What to produce |
Look for "nfault" in every line of the listing. Copy the lines that have it.

Available data |
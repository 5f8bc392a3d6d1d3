//! Fault files: what is refused of them, and their limits.
use crate::running::{carried_out, is_refused};
use crate::texts::{CART, CART_TEST, FAULTS, NO_REDUCTION, TEST};
use std::test::Fail;

/// Fault files that are refused, and what is told.
const REFUSED: &[(&[u8], &str)] = &[
    (b"fault = ", "refused faults NotToml\n"),
    (b"faults = 7\nfault = 7\n", "refused faults UnknownKey 0\n"),
    (
        b"version = 3\n\n[[fault]]\ncallee = \"price\"\ncodes = [\"timeout\"]\nvalues = [0, 20]\n",
        "refused faults BadVersion\n",
    ),
    (
        b"version = \"2\"\nfault = 7\n",
        "refused faults BadVersion\n",
    ),
    (b"fault = 7\n", "refused faults NotATable 0\n"),
    (
        b"fault = [{callee = \"price\", codes = [\"timeout\"]}, 7]\n",
        "refused faults NotATable 2\n",
    ),
    (
        b"[[fault]]\ncallee = \"prise\"\ncode = [\"timeout\"]\n",
        "refused faults UnknownKey 1\n",
    ),
    (
        b"[[fault]]\ncallee = \"price\"\ncodes = [\"timeout\"]\nvalues = [0, 20]\n",
        "refused faults UnknownKey 1\n",
    ),
    (
        b"[[fault]]\ncallee = \"prise\"\ncodes = [\"timeout\"]\n",
        "refused faults UnknownCallee 1\n",
    ),
    (
        b"[[fault]]\nmethod = \"get\"\ncodes = [\"timeout\"]\n",
        "refused faults UnknownCallee 1\n",
    ),
    (
        b"[[fault]]\ncallee = \"price\"\nmethod = \"total\"\ncodes = []\n",
        "refused faults UnknownMethod 1\n",
    ),
    (
        b"[[fault]]\ncallee = \"price\"\n",
        "refused faults BadCode 1\n",
    ),
    (
        b"[[fault]]\ncallee = \"price\"\ncodes = []\n",
        "refused faults BadCode 1\n",
    ),
    (
        b"[[fault]]\ncallee = \"cart\"\ncodes = [\"timeout\"]\n[[fault]]\ncallee = \"price\"\ncodes = [\"Timeout\"]\n",
        "refused faults BadCode 2\n",
    ),
    (
        b"version = 2\n\n[[fault]]\ncallee = \"price\"\ncodes = [\"timeout\"]\nvalues = [\"x\"]\n",
        "refused faults BadValue 1\n",
    ),
    (
        b"version = 2\n\n[[fault]]\ncallee = \"price\"\nvalues = []\n",
        "refused faults BadValue 1\n",
    ),
];

/// Campaigns with reduction and without.
const CAMPAIGNS: [&[&[&str]]; 2] = [&[TEST, FAULTS], &[TEST, FAULTS, NO_REDUCTION]];

#[test]
fn a_fault_file_is_refused_at_its_first_fault(rt: HostRuntime) -> Result<(), Fail> {
    for (faults, text) in REFUSED {
        for words in CAMPAIGNS {
            let sources = [CART, CART_TEST, *faults];
            assert!(rt; is_refused(rt.alloc(), words, &sources, text)?, "{text}");
        }
    }
    Ok(())
}

const ITEM: &str = "[[fault]]\ncallee = \"price\"\ncodes = [\"timeout\"]\n";

/// A piece of a fault file, and how often it stands there: what a campaign tells.
const LONG: [(&str, usize, u8, &str); 4] = [
    (
        ITEM,
        1024,
        0,
        "completed plans 2 run 2 pruned 0 failed 0 invs 3\n",
    ),
    (ITEM, 1025, 3, "refused faults TooMany\n"),
    (
        "\n",
        65_536,
        0,
        "completed plans 1 run 1 pruned 0 failed 0 invs 2\n",
    ),
    ("\n", 65_537, 3, "refused faults TooLong\n"),
];

#[test]
fn a_fault_file_has_limits(rt: HostRuntime) -> Result<(), Fail> {
    for (piece, count, code, text) in LONG {
        let faults = piece.repeat(rt.alloc(), count)?;
        let sources = [CART, CART_TEST, faults.as_bytes()];
        let done = carried_out(rt.alloc(), &[TEST, FAULTS], &sources, &[], false)?;
        assert!(rt; done.tells(code, text), "{text}");
    }
    Ok(())
}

Reply |
    (b"faults = 7\nfault = 7\n", "refused faults UnknownKey 0\n"),
        b"version = \"2\"\nfault = 7\n",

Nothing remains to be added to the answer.